What Are My Parental Rights in Georgia?Parental Rights Lawyer Georgia

Parental rights refer to your legal freedoms and obligations as a parent, including: your right to legal and physical custody of the child, visitation rights (such for a non-custodial parent after a divorce), your obligation to financially support the child, your obligation to feed/clothe/shelter the child, your obligation to the child's education, and your obligation to provide a safe living environment for your child.

The failure to protect your son or daughter, to get him or her medical help when needed or to meet any of your other parental responsibilities can result in child abuse or neglect.

While parents have these rights and responsibilities, a judge can decide, in the event of a divorce or legal separation, how they will be split between the two parents. When a grandparent tries to claim his or her rights for visitation of a grandchild in the event of a divorce or separation, the judge will weigh the potential effect on parental rights before making a decision. When one parent dies, the other parent of child has the right to sole natural guardianship. This is true even in cases of divorce where the deceased parent had sole custody of the child.

Have your rights as a parent been violated? Discuss your case with our Gwinnett County parental rights lawyer today!

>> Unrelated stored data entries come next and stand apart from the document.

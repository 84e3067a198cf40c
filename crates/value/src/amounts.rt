//! Sums under the names of one policy, and under all policies.
//!
//! A value is added in three walks over its assets: `prepare` makes the entries that are missing, each of 0, `change`
//! adds, and `tidy` takes out the entries that are 0. Only the first takes memory. Where memory runs out, what it made
//! is taken out at once.

ghost use Rattle.std.specs.Prelude.{◌≡◌, ◌≢◌, false, true, ◌^◌, ◌+ℤ◌, ℕ, ℤ, pos, List, [], Option, Some, None, map};
ghost use Rattle.std.specs.Prelude.{◌↔◌, IsTrue, IsSome, OnOk, OnErr, bytes_eq, if◌then◌else◌};
ghost use Rattle.std.specs.Map.Iter.{ShowsInOrder, ShowsInReverse, deref_pair};
ghost use Rattle.std.specs.List.{AllByRecursion};
ghost use Rattle.std.specs.List.Sorted.{IsStrictlySortedBy};
ghost use Rattle.std.specs.Ordering.{nat_cmp};
ghost use Rattle.std.specs.Cmp.Lexicographic.{slice_cmp};
ghost use Rattle.std.specs.Map.{keys_of};
ghost use Rattle.std.specs.Global.{Vec};
ghost use Rattle.std.proofs.Props.{props};
ghost use Rattle.ident.specs.Kinds.{ScriptHash};
ghost use Rattle.model.specs.Value.{named_amount, policy_amount};
ghost use Rattle.value.specs.Quantities.{IsWithin, quantity_limit};

use crate::assets::{Policy, Token};
use crate::quantity::Quantity;
use crate::side::Side;
use ident::ScriptHash;
use std::alloc::{AllocError, Global};
use std::collections::{BTreeMap, btree_map};

/// What there is under each name of one policy. A name without an entry has 0.
#[derive(Drop)]
pub struct Amounts {
    by_name: BTreeMap<Vec<u8>, i128>,
    ghost ordered: { IsStrictlySortedBy (λ (a : Vec ℕ) (b : Vec ℕ). slice_cmp nat_cmp a.items b.items)
        (keys_of by_name.entries) } by { Prim.hlevel props },
}

impl Amounts {
    ghost use Rattle.value.specs.View.{token_of};
    ghost use Rattle.value.specs.Differing.{NamesDiffer};
    ghost use Rattle.value.specs.Sides.{sided};
    ghost use Rattle.value.specs.Sums.{sum_under, amount_under, HasAll, AreBounded};
    ghost use Rattle.value.specs.Touched.{IsNoName, KeepsOtherNames};

    /// Nothing under any name.
    fn new(alloc: Global) -> Amounts
        ensures { (name : List ℕ) → sum_under result name ≡ None }
    {
        Amounts {
            by_name: BTreeMap::new(alloc),
        }
    }

    /// Makes an entry for each token's name, so that `change` takes no memory. No amount changes.
    fn prepare<Q>(&mut self, alloc: Global, tokens: &[Token<Q>]) -> Result<(), AllocError>
        ensures same { (name : List ℕ) → amount_under self.new name ≡ amount_under self.old name }
        ensures kept { (name : List ℕ) → IsSome (sum_under self.old name) → IsSome (sum_under self.new name) }
        ensures present { OnOk result (HasAll self.new (map token_of tokens.now)) }
        ensures others { KeepsOtherNames self.old self.new (map token_of tokens.now) }
    {
        for token in tokens {
            self.prepare_name(alloc, &token.name)?;
        }
        Ok(())
    }

    /// Makes an entry for a name that has none.
    fn prepare_name(&mut self, alloc: Global, name: &[u8]) -> Result<(), AllocError>
        ensures same { (q : List ℕ) → amount_under self.new q ≡ amount_under self.old q }
        ensures kept { (q : List ℕ) → IsSome (sum_under self.old q) → IsSome (sum_under self.new q) }
        ensures present { OnOk result (IsSome (sum_under self.new name.now)) }
        ensures others { (q : List ℕ) → bytes_eq q name.now ≡ false → sum_under self.new q ≡ sum_under self.old q }
    {
        if !self.by_name.contains_key(name) {
            let name = Vec::from_slice(alloc, name)?;
            self.by_name.insert(name, 0)?;
        }
        Ok(())
    }

    /// Adds what the tokens have to the sums under their names, or takes it from them: one look-up each.
    fn change<Q: Quantity>(&mut self, tokens: &[Token<Q>], side: Side)
        requires present { HasAll self.old (map token_of tokens.now) }
        requires differ { NamesDiffer (map token_of tokens.now) }
        requires room { (name : List ℕ) → IsWithin (2 ^ 126) (amount_under self.old name) }
        ensures sums { (name : List ℕ) → amount_under self.new name ≡
            amount_under self.old name +ℤ sided side (named_amount Q.whole name (map token_of tokens.now)) }
        ensures bounded { AreBounded Q.whole (map token_of tokens.now) }
        ensures others { KeepsOtherNames self.old self.new (map token_of tokens.now) }
    {
        for token in tokens {
            let by = side.change_by(token.quantity.to_whole());
            self.put(&token.name, by);
        }
    }

    /// Adds to the sum under a name that has an entry.
    fn put(&mut self, name: &[u8], by: i128)
        requires present { IsSome (sum_under self.old name.now) }
        requires room { IsWithin (2 ^ 126) (amount_under self.old name.now) }
        requires within { IsWithin quantity_limit by }
        ensures sums { (q : List ℕ) → amount_under self.new q ≡
            amount_under self.old q +ℤ (if bytes_eq q name.now then by else pos 0) }
        ensures kept { (q : List ℕ) → IsSome (sum_under self.old q) → IsSome (sum_under self.new q) }
        ensures others { (q : List ℕ) → bytes_eq q name.now ≡ false → sum_under self.new q ≡ sum_under self.old q }
    {
        // It is there, so nothing is left out.
        if let Some(amount) = self.by_name.get_mut(name) {
            *amount += by;
        }
    }

    /// Takes out the entries of the tokens' names that are 0: a few look-ups each. No amount changes.
    fn tidy<Q>(&mut self, tokens: &[Token<Q>])
        ensures same { (name : List ℕ) → amount_under self.new name ≡ amount_under self.old name }
        ensures others { KeepsOtherNames self.old self.new (map token_of tokens.now) }
        ensures left { (name : List ℕ) → sum_under self.new name ≡ Some (pos 0) →
            IsNoName name (map token_of tokens.now) }
    {
        for token in tokens {
            self.tidy_name(&token.name);
        }
    }

    /// Takes out the entry of a name where it is 0.
    fn tidy_name(&mut self, name: &[u8])
        ensures same { (q : List ℕ) → amount_under self.new q ≡ amount_under self.old q }
        ensures others { (q : List ℕ) → bytes_eq q name.now ≡ false → sum_under self.new q ≡ sum_under self.old q }
        ensures left { sum_under self.new name.now ≢ Some (pos 0) }
    {
        if self.amount(name) == 0 {
            self.by_name.remove(name);
        }
    }

    /// How much there is under a name: one look-up.
    pub fn amount(&self, name: &[u8]) -> i128
        ensures { result ≡ amount_under self.now name.now }
    {
        match self.by_name.get(name) {
            Some(amount) => *amount,
            None => 0,
        }
    }

    /// The names that have an entry, in the order of their bytes, each with its sum. Under a policy that `Totals` list
    /// they are just the names of which the sum is not 0. Takes no memory.
    pub fn iter(&self) -> btree_map::Iter<'_, Vec<u8>, i128>
        ensures rest { result ≡ self.now.by_name.entries }
        ensures runs { ShowsInOrder (deref_pair {K = Vec ℕ} {X = ℤ}) }
        ensures runs_back { ShowsInReverse (deref_pair {K = Vec ℕ} {X = ℤ}) }
    {
        self.by_name.iter()
    }
}

/// What there is under each name of each policy. A policy without an entry has 0 under each name.
#[derive(Drop)]
pub struct AllAmounts {
    by_policy: BTreeMap<ScriptHash, Amounts>,
    ghost ordered: { IsStrictlySortedBy (λ (a : ScriptHash) (b : ScriptHash). slice_cmp nat_cmp a.bytes b.bytes)
        (keys_of by_policy.entries) } by { Prim.hlevel props },
}

impl AllAmounts {
    ghost use Rattle.value.specs.View.{token_of, policy_of};
    ghost use Rattle.value.specs.Differing.{NamesDiffer, PoliciesDiffer};
    ghost use Rattle.value.specs.Sides.{sided};
    ghost use Rattle.value.specs.Sums.{sum_of, amount_in, amounts_of, HasPolicy, AreBounded};
    ghost use Rattle.value.specs.Touched.{IsNoName, KeepsOthersOf, KeepsOtherAssets, IsTidyAt};
    ghost use Rattle.value.specs.declared.amounts.Amounts.{Amounts};

    /// Nothing of any policy.
    pub fn new(alloc: Global) -> AllAmounts
        ensures { (policy : List ℕ) → amounts_of result policy ≡ None }
    {
        AllAmounts {
            by_policy: BTreeMap::new(alloc),
        }
    }

    /// Makes an entry for each name of each policy, so that `change` takes no memory. No amount changes. Err where
    /// memory runs out: the entries that were made are taken out again.
    pub fn prepare<Q>(&mut self, alloc: Global, policies: &[Policy<Q>]) -> Result<(), AllocError>
        ensures same { (policy name : List ℕ) → amount_in self.new policy name ≡ amount_in self.old policy name }
        ensures present { OnOk result (AllByRecursion (HasPolicy self.new) (map policy_of policies.now)) }
        ensures others { KeepsOtherAssets self.old self.new (map policy_of policies.now) }
        ensures tidy { OnErr result (IsTidyAt self.new (map policy_of policies.now)) }
    {
        if let Err(fault) = self.make_entries(alloc, policies) {
            self.tidy(policies);
            return Err(fault);
        }
        Ok(())
    }

    /// Makes an entry for each name of each policy.
    fn make_entries<Q>(&mut self, alloc: Global, policies: &[Policy<Q>]) -> Result<(), AllocError>
        ensures same { (policy name : List ℕ) → amount_in self.new policy name ≡ amount_in self.old policy name }
        ensures present { OnOk result (AllByRecursion (HasPolicy self.new) (map policy_of policies.now)) }
        ensures others { KeepsOtherAssets self.old self.new (map policy_of policies.now) }
    {
        for policy in policies {
            self.prepare_policy(alloc, policy)?;
        }
        Ok(())
    }

    /// Makes an entry for each name of a policy.
    fn prepare_policy<Q>(&mut self, alloc: Global, policy: &Policy<Q>) -> Result<(), AllocError>
        ensures same { (q name : List ℕ) → amount_in self.new q name ≡ amount_in self.old q name }
        ensures kept { (q name : List ℕ) → IsSome (sum_of self.old q name) → IsSome (sum_of self.new q name) }
        ensures present { OnOk result (HasPolicy self.new (policy_of policy.now)) }
        ensures others { KeepsOthersOf self.old self.new (policy_of policy.now) }
    {
        self.prepare_id(alloc, policy.id)?;
        if let Some(amounts) = self.by_policy.get_mut(&policy.id) {
            amounts.prepare(alloc, &policy.tokens)?;
        }
        Ok(())
    }

    /// Makes an entry for a policy that has none.
    fn prepare_id(&mut self, alloc: Global, id: ScriptHash) -> Result<(), AllocError>
        ensures same { (q name : List ℕ) → sum_of self.new q name ≡ sum_of self.old q name }
        ensures present { OnOk result (IsSome (amounts_of self.new id.bytes)) }
        ensures others { (q : List ℕ) → bytes_eq q id.bytes ≡ false → amounts_of self.new q ≡ amounts_of self.old q }
    {
        if !self.by_policy.contains_key(&id) {
            self.by_policy.insert(id, Amounts::new(alloc))?;
        }
        Ok(())
    }

    /// Adds what there is of each policy to the sums, or takes it from them: one look-up for each policy, and
    /// one for each name among those of its policy.
    pub fn change<Q: Quantity>(&mut self, policies: &[Policy<Q>], side: Side)
        requires present { AllByRecursion (HasPolicy self.old) (map policy_of policies.now) }
        requires differ { PoliciesDiffer (map policy_of policies.now) }
        requires room { (policy name : List ℕ) → IsWithin (2 ^ 126) (amount_in self.old policy name) }
        ensures sums { (policy name : List ℕ) →
            amount_in self.new policy name ≡ amount_in self.old policy name +ℤ
            sided side (policy_amount Q.whole policy name (map policy_of policies.now)) }
        ensures bounded { AllByRecursion (λ p. AreBounded Q.whole p.tokens) (map policy_of policies.now) }
        ensures others { KeepsOtherAssets self.old self.new (map policy_of policies.now) }
    {
        for policy in policies {
            self.change_policy(policy, side);
        }
    }

    /// Adds what there is of one policy, or takes it.
    fn change_policy<Q: Quantity>(&mut self, policy: &Policy<Q>, side: Side)
        requires present { HasPolicy self.old (policy_of policy.now) }
        requires differ { NamesDiffer (policy_of policy.now).tokens }
        requires room { (name : List ℕ) → IsWithin (2 ^ 126) (amount_in self.old policy.now.id.bytes name) }
        ensures sums { (q name : List ℕ) → amount_in self.new q name ≡
            amount_in self.old q name +ℤ (if bytes_eq q policy.now.id.bytes then
            sided side (named_amount Q.whole name (policy_of policy.now).tokens) else pos 0) }
        ensures others { KeepsOthersOf self.old self.new (policy_of policy.now) }
        ensures bounded { AreBounded Q.whole (policy_of policy.now).tokens }
    {
        // It is there, unless it has no tokens.
        if let Some(amounts) = self.by_policy.get_mut(&policy.id) {
            amounts.change(&policy.tokens, side);
        }
    }

    /// Takes out the entries of the policies' names that are 0, and then the policies without a name: a few look-ups
    /// for each policy and name. No amount changes.
    pub fn tidy<Q>(&mut self, policies: &[Policy<Q>])
        ensures same { (policy name : List ℕ) → amount_in self.new policy name ≡ amount_in self.old policy name }
        ensures others { KeepsOtherAssets self.old self.new (map policy_of policies.now) }
        ensures tidy { IsTidyAt self.new (map policy_of policies.now) }
    {
        for policy in policies {
            self.tidy_policy(policy);
        }
    }

    /// Takes out the entries of a policy's names that are 0, and then the policy if it has no name.
    fn tidy_policy<Q>(&mut self, policy: &Policy<Q>)
        ensures same { (q name : List ℕ) → amount_in self.new q name ≡ amount_in self.old q name }
        ensures others { KeepsOthersOf self.old self.new (policy_of policy.now) }
        ensures left { (name : List ℕ) → sum_of self.new policy.now.id.bytes name ≡ Some (pos 0) →
            IsNoName name (policy_of policy.now).tokens }
        ensures bare { (amounts : Amounts) → amounts_of self.new policy.now.id.bytes ≡ Some amounts →
            amounts.by_name.entries ≢ [] }
    {
        if let Some(amounts) = self.by_policy.get_mut(&policy.id) {
            amounts.tidy(&policy.tokens);
            if amounts.by_name.is_empty() {
                self.by_policy.remove(&policy.id);
            }
        }
    }

    /// How much there is under a name of a policy.
    pub fn amount(&self, policy: &ScriptHash, name: &[u8]) -> i128
        ensures { result ≡ amount_in self.now policy.now.bytes name.now }
    {
        match self.by_policy.get(policy) {
            Some(amounts) => amounts.amount(name),
            None => 0,
        }
    }

    /// The policies that have an entry, in the order of their bytes, each with the sums under its names.
    pub fn iter(&self) -> btree_map::Iter<'_, ScriptHash, Amounts>
        ensures rest { result ≡ self.now.by_policy.entries }
        ensures runs { ShowsInOrder (deref_pair {K = ScriptHash} {X = Amounts}) }
        ensures runs_back { ShowsInReverse (deref_pair {K = ScriptHash} {X = Amounts}) }
    {
        self.by_policy.iter()
    }

    /// Whether no policy has an entry.
    pub fn is_empty(&self) -> bool
        ensures { IsTrue result ↔ (self.now.by_policy.entries ≡ []) }
    {
        self.by_policy.is_empty()
    }
}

Termination of Parental Rights GA

According Georgia Law 15-11-94, parent’s rights may be terminated if the parent legally relinquishes custody, neglected the child support order for up to 1 year, neglect/abuse/abandonment, convicted of killing the other parent, and/or the court finds the the child's well-being lacking.

Voluntary termination of parental rights can occur when the parent doesn't wish to be involved in the child's life, or if the child is going to be legally adopted. If a parent is found to have abused or neglected his or her child, that parent could involuntarily lose parental rights. In these cases, the state could forcibly take over custody of the child, unless the parent voluntarily gives up custody so that the child could live in a safer environment. Even in cases in which a parent decides to terminate his or her parental rights, that individual could still be held responsible for paying child support until the child reaches the age of 18.

Protecting Your Rights as a Parent

There is no doubt that getting a divorce becomes far more difficult and emotionally involved when you have children together. It can become difficult to find balance when you might have to share custody of your child or even accept less custody or visitation than you were hoping for. Some divorced parents who were used to seeing their children every day end only getting to see them once a week or on alternating weekends. In other instances, a parent might feel he or she is not being given enough say over major decisions in the child’s life.

When you are dealing with divorce, it is important to learn and understand your parental rights so you can be at the greatest advantage when creating your parenting plan, or a clearly outlined plan for each parent’s role in the child’s life after the divorce. An attorney from the Fox Firm, P.C. can help explain your inherent parental rights to you in more detail. The state of Georgia has laws in place that protect these rights.